• [SUPPLIED RECORDS]
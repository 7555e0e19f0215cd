//! The checksum that `cksum` of POSIX prints.

/// The remainders of the numbers below 16, times 2^28, by the polynomial of Ethernet.
const REMAINDERS: [u32; 16] = [
    0x0000_0000,
    0x04c1_1db7,
    0x0982_3b6e,
    0x0d43_26d9,
    0x1304_76dc,
    0x17c5_6b6b,
    0x1a86_4db2,
    0x1e47_5005,
    0x2608_edb8,
    0x22c9_f00f,
    0x2f8a_d6d6,
    0x2b4b_cb61,
    0x350c_9b64,
    0x31cd_86d3,
    0x3c8e_a00a,
    0x384f_bdbd,
];

// The remainder with four bits more.
fn add_bits(sum: u32, bits: u32) -> u32 {
    let index = ((sum >> 28) ^ bits) & 15;
    (sum & 0x0fff_ffff) << 4 ^ REMAINDERS[index as usize]
}

fn add_byte(sum: u32, byte: u8) -> u32 {
    let high = add_bits(sum, u32::from(byte >> 4));
    add_bits(high, u32::from(byte & 15))
}

/// The checksum of some bytes, behind which their number stands, lowest byte first and without zeros at its end.
pub(crate) fn checksum(bytes: &[u8]) -> u32 {
    let mut sum = 0;
    for byte in bytes {
        sum = add_byte(sum, *byte);
    }
    let mut rest = bytes.len() as u64;
    for _ in 0..8 {
        if rest != 0 {
            sum = add_byte(sum, (rest % 256) as u8);
            rest /= 256;
        }
    }
    !sum
}
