//! One symbol.

ghost use Rattle.std.specs.Prelude.{◌≡◌};

use std::marker::Model;

/// What a symbol names (`st_info`, `st_shndx`).
#[derive(Clone, Copy, Debug, PartialEq, Eq)]
pub enum SymbolKind {
    /// A function, `STT_FUNC`.
    Function,
    /// A variable, `STT_OBJECT`.
    Object,
    /// An address of a section, as of a label in assembler.
    Label,
    /// A number that is no address of a section, `SHN_ABS`.
    Absolute,
}

/// A symbol with a name.
#[derive(Debug, Drop)]
pub struct Symbol {
    name: String,
    value: u64,
    size: u64,
    kind: SymbolKind,
}

impl Model for Symbol {
    ghost use Rattle.std.specs.String.{string_bytes};
    ghost use Rattle.text_symbols.specs.Named.{Named};

    ghost Value = { Named };

    ghost view = { λ s. record { name = string_bytes s.name; value = s.value; size = s.size; kind = s.kind } };
}

impl Symbol {
    ghost use Rattle.std.specs.String.{string_bytes};

    /// A symbol of these parts.
    pub(crate) fn new(name: String, value: u64, size: u64, kind: SymbolKind) -> Self
        ensures { result ≡ record { name = string_bytes name; value = value; size = size; kind = kind } }
    {
        Symbol {
            name,
            value,
            size,
            kind,
        }
    }

    /// The name, of 1 to 255 bytes.
    pub fn name(&self) -> &str
        ensures { result.now ≡ self.now.name }
    {
        &self.name
    }

    /// The address that it names, or the number.
    pub fn value(&self) -> u64
        ensures { result ≡ self.now.value }
    {
        self.value
    }

    /// How many bytes it takes, or 0 where that is not known.
    pub fn size(&self) -> u64
        ensures { result ≡ self.now.size }
    {
        self.size
    }

    /// What it names.
    pub fn kind(&self) -> SymbolKind
        ensures { result ≡ self.now.kind }
    {
        self.kind
    }
}
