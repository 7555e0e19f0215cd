//! Devices that take over the words of others.

ghost use Rattle.std.specs.Prelude.{◌≡◌};

use evm_dev::Device;

/// A device that can have the words of another of its kind.
pub trait CopyFrom: Device {
    /// Its words are those of the other. Takes no memory.
    fn copy_from(&mut self, other: &Self)
        requires { Self.kind_of self.old ≡ Self.kind_of other.now }
        ensures kind { Self.kind_of self.new ≡ Self.kind_of self.old }
        ensures words { Self.words_of self.new ≡ Self.words_of other.now };
}
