//! The lines of standard input.

/// A call, and the answer that is wanted.
#[derive(Debug, Drop)]
pub(crate) struct Line<'a> {
    pub(crate) op: &'a str,
    pub(crate) file: Option<&'a str>,
    pub(crate) argument: &'a str,
    pub(crate) wanted: &'a str,
}

impl<'a> Line<'a> {
    /// The file that holds the answer, where it is one.
    pub(crate) fn wanted_file(&self) -> Option<&'a str> {
        self.wanted.strip_prefix('@')
    }
}

// The file that an argument begins with, and what follows it.
fn file_and_rest(text: &str) -> (Option<&str>, &str) {
    match text.strip_prefix('@') {
        Some(text) => {
            let (name, rest) = text.split_once(' ').unwrap_or((text, ""));
            (Some(name), rest)
        }
        None => (None, text),
    }
}

/// The call of a line; None if it has none.
pub(crate) fn line_of<'a>(text: &'a str) -> Option<Line<'a>> {
    let (call, wanted) = text.split_once(" -> ")?;
    let (op, rest) = call.split_once(' ').unwrap_or((call, ""));
    let (file, argument) = file_and_rest(rest);
    Some(Line {
        op,
        file,
        argument,
        wanted,
    })
}
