//! RAM and sets of interrupt lines.

use crate::call::{Call, decimal, given, hexadecimal, sides};
use crate::writing::{push, push_hex, push_some_hexadecimal, push_yes};
use evm_lines::{LINES, LineSet};
use evm_ram::{Ram, SIZE_LIMIT, Width};
use evm_text::pairs_last;
use std::io::{self, ErrorKind};

fn width_of(word: &str) -> io::Result<Width> {
    match word {
        "1" => Ok(Width::Byte),
        "2" => Ok(Width::Half),
        "4" => Ok(Width::Word),
        "8" => Ok(Width::Double),
        _ => Err(ErrorKind::InvalidInput.into()),
    }
}

fn push_done(out: &mut String, done: Option<()>) -> io::Result<()> {
    push(out, if done.is_some() { "done" } else { "none" })
}

// `ADDRESS WIDTH` of a read.
fn read(ram: &Ram, words: &str, out: &mut String) -> io::Result<()> {
    let (address, width) = sides(' ', words)?;
    push_some_hexadecimal(out, ram.read(hexadecimal(address)?, width_of(width)?))
}

// `ADDRESS WIDTH VALUE` of a write.
fn write(ram: &mut Ram, words: &str, out: &mut String) -> io::Result<()> {
    let (address, words) = sides(' ', words)?;
    let (width, value) = sides(' ', words)?;
    let done = ram.write(hexadecimal(address)?, width_of(width)?, hexadecimal(value)?);
    push_done(out, done)
}

// `ADDRESS BYTES` of a poke, whose bytes may be none.
fn poke(ram: &mut Ram, words: &str, out: &mut String) -> io::Result<()> {
    let (address, bytes) = sides(' ', words)?;
    let address = hexadecimal(address)?;
    match pairs_last(bytes.as_bytes()) {
        Some(bytes) => push_done(out, ram.poke(address, bytes.as_slice())),
        None => push_done(out, ram.poke(address, &[])),
    }
}

// `ADDRESS COUNT` of a look at bytes.
fn bytes(ram: &Ram, words: &str, out: &mut String) -> io::Result<()> {
    let (address, count) = sides(' ', words)?;
    match ram.bytes(hexadecimal(address)?, decimal(count)?) {
        Some(bytes) => {
            push(out, "bytes ")?;
            push_hex(out, bytes)
        }
        None => push(out, "none"),
    }
}

fn touch(ram: &mut Ram, words: &str, out: &mut String) -> io::Result<()> {
    let (kind, words) = sides(' ', words)?;
    match kind {
        "read" => read(ram, words, out),
        "write" => write(ram, words, out),
        "poke" => poke(ram, words, out),
        "bytes" => bytes(ram, words, out),
        "clear" => {
            ram.clear();
            push(out, "cleared")
        }
        _ => Err(ErrorKind::InvalidInput.into()),
    }
}

/// RAM of a size, before the first comma; behind each comma a read, a write, a poke, a look at bytes, or
/// `clear all`.
pub(crate) fn ram(call: &Call<'_>, out: &mut String) -> io::Result<()> {
    let (size, touches) = sides(',', call.text()?)?;
    let size = decimal(size)?;
    if size > SIZE_LIMIT {
        return Err(ErrorKind::InvalidInput.into());
    }
    let mut ram = given(Ram::new(call.alloc, size))?;
    let size = ram.size();
    write!(out, "{size}")?;
    for words in touches.split(',') {
        push(out, ", ")?;
        touch(&mut ram, words, out)?;
    }
    Ok(())
}

fn line_of(text: &str) -> io::Result<u8> {
    u8::try_from(decimal(text)?).map_err(|_| ErrorKind::InvalidInput.into())
}

fn change(set: &mut LineSet, mark: &str, line: u8) -> io::Result<()> {
    if line >= LINES {
        return Err(ErrorKind::InvalidInput.into());
    }
    match mark {
        "+" => set.insert(line),
        _ => set.remove(line),
    }
    Ok(())
}

// The word of a set, its first line, whether it is empty, and whether it has the line.
fn push_set(out: &mut String, set: LineSet, line: u8) -> io::Result<()> {
    let word = set.word();
    write!(out, "{word:x} ")?;
    match set.first() {
        Some(first) => write!(out, "{first} ")?,
        None => push(out, "none ")?,
    }
    push_yes(out, set.is_empty())?;
    push(out, " ")?;
    push_yes(out, set.contains(line))
}

/// A set of lines: `+N` adds a line, `-N` takes it out, `?N` asks. For each the word of the set, its first line, whether it is
/// empty, and whether it has the line.
pub(crate) fn line_set(call: &Call<'_>, out: &mut String) -> io::Result<()> {
    let mut set = LineSet::new();
    for word in call.text()?.split(' ') {
        push(out, if out.is_empty() { "" } else { ", " })?;
        let Some((mark, number)) = word.split_at_checked(1) else {
            return Err(ErrorKind::InvalidInput.into());
        };
        let line = line_of(number)?;
        if mark != "?" {
            change(&mut set, mark, line)?;
        }
        push_set(out, set, line)?;
    }
    Ok(())
}
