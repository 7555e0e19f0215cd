//! The words of sources: characters, names, numbers and faults.

use crate::call::{Call, decimal, sides};
use crate::writing::{push, push_quoted, push_some, push_some_decimal, push_yes};
use evm_asm_lexer::{
    AsmFault, AsmFaultKind, SourceFault, SourceFaultKind, after, before, behind_word, first_word,
    has_byte, is_name_start, is_sound, least, mnemonic_named, register_named, size, skip_blanks,
    starts_with_digit,
};
use std::io::{self, ErrorKind};

/// Whether a line has no bad token.
pub(crate) fn sound(call: &Call<'_>, out: &mut String) -> io::Result<()> {
    push_yes(out, is_sound(call.argument))
}

/// All bytes that may stand by themselves in a line, that begin a name, or that are digits.
pub(crate) fn characters(call: &Call<'_>, out: &mut String) -> io::Result<()> {
    let kind = call.text()?;
    let mut found = Vec::new(call.alloc);
    for byte in 0u8..=255 {
        let is_one = match kind {
            "sound" => is_sound(&[byte]),
            "name" => is_name_start(byte),
            _ => starts_with_digit(&[byte]),
        };
        if is_one {
            found.push(byte)?;
        }
    }
    push_quoted(out, found.as_slice())
}

/// The number that a word is.
pub(crate) fn number_size(call: &Call<'_>, out: &mut String) -> io::Result<()> {
    push_some_decimal(out, size(call.argument))
}

// Two texts.
fn push_two(out: &mut String, front: &[u8], rest: &[u8]) -> io::Result<()> {
    push_quoted(out, front)?;
    push(out, " ")?;
    push_quoted(out, rest)
}

/// The first word, and what follows it.
pub(crate) fn word(call: &Call<'_>, out: &mut String) -> io::Result<()> {
    let text = call.argument;
    push_two(out, first_word(text), behind_word(text))
}

/// What is before the first comma, and behind it; whether there is one.
pub(crate) fn cut_at_comma(call: &Call<'_>, out: &mut String) -> io::Result<()> {
    let text = call.argument;
    push_two(out, before(b',', text), after(b',', text))?;
    push(out, " ")?;
    push_yes(out, has_byte(b',', text))
}

/// The text behind its blanks.
pub(crate) fn blanks(call: &Call<'_>, out: &mut String) -> io::Result<()> {
    push_quoted(out, skip_blanks(call.argument))
}

/// What a mnemonic means.
pub(crate) fn mnemonic(call: &Call<'_>, out: &mut String) -> io::Result<()> {
    push_some(out, mnemonic_named(call.argument))
}

/// The number of a register.
pub(crate) fn register(call: &Call<'_>, out: &mut String) -> io::Result<()> {
    let register = register_named(call.argument);
    push_some_decimal(out, register.map(|register| u64::from(register.number())))
}

fn kind_numbered(number: u64) -> io::Result<SourceFaultKind> {
    match number {
        1 => Ok(SourceFaultKind::BadToken),
        2 => Ok(SourceFaultKind::UnknownName),
        3 => Ok(SourceFaultKind::BadOperand),
        4 => Ok(SourceFaultKind::RangeOfImmediate),
        5 => Ok(SourceFaultKind::LabelTwice),
        6 => Ok(SourceFaultKind::LabelMissing),
        7 => Ok(SourceFaultKind::TooLarge),
        _ => Err(ErrorKind::InvalidInput.into()),
    }
}

fn push_fault(out: &mut String, fault: AsmFault) -> io::Result<()> {
    let kind = fault.kind;
    let number = kind.number();
    Ok(write!(out, "{number} {kind:?}: {kind}; {fault}")?)
}

/// The number of a kind of fault, its name and its message, and that of a fault of line 8; kind 8 is no memory.
pub(crate) fn kind(call: &Call<'_>, out: &mut String) -> io::Result<()> {
    let number = decimal(call.text()?)?;
    if number == 8 {
        let kind = AsmFaultKind::NoMemory;
        return push_fault(out, AsmFault { line: 8, kind });
    }
    let kind = kind_numbered(number)?;
    let own = kind.number();
    write!(out, "{own} ")?;
    push_fault(out, SourceFault { line: 8, kind }.reported())
}

/// Of two kinds the one that is reported.
pub(crate) fn least_kind(call: &Call<'_>, out: &mut String) -> io::Result<()> {
    let (a, b) = sides(' ', call.text()?)?;
    let kind = least(kind_numbered(decimal(a)?)?, kind_numbered(decimal(b)?)?);
    Ok(write!(out, "{kind:?}")?)
}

• [WORK INSTRUCTION]
Print, please, the lines from the first line of the material through the line that contains "fn add_byte(sum: u32, byte: u8)", exactly as written and with nothing added.

• [TASK RESPONSE]
repository 7555e0e19f0215cd
//! The checksum that `cksum` of POSIX prints.

/// The remainders of the numbers below 16, times 2^28, by the polynomial of Ethernet.
const REMAINDERS: [u32; 16] = [
    0x0000_0000,
    0x04c1_1db7,
    0x0982_3b6e,
    0x0d43_26d9,
    0x1304_76dc,
    0x17c5_6b6b,
    0x1a86_4db2,
    0x1e47_5005,
    0x2608_edb8,
    0x22c9_f00f,
    0x2f8a_d6d6,
    0x2b4b_cb61,
    0x350c_9b64,
    0x31cd_86d3,
    0x3c8e_a00a,
    0x384f_bdbd,
];

// The remainder with four bits more.
fn add_bits(sum: u32, bits: u32) -> u32 {
    let index = ((sum >> 28) ^ bits) & 15;
    (sum & 0x0fff_ffff) << 4 ^ REMAINDERS[index as usize]
}

fn add_byte(sum: u32, byte: u8) -> u32 {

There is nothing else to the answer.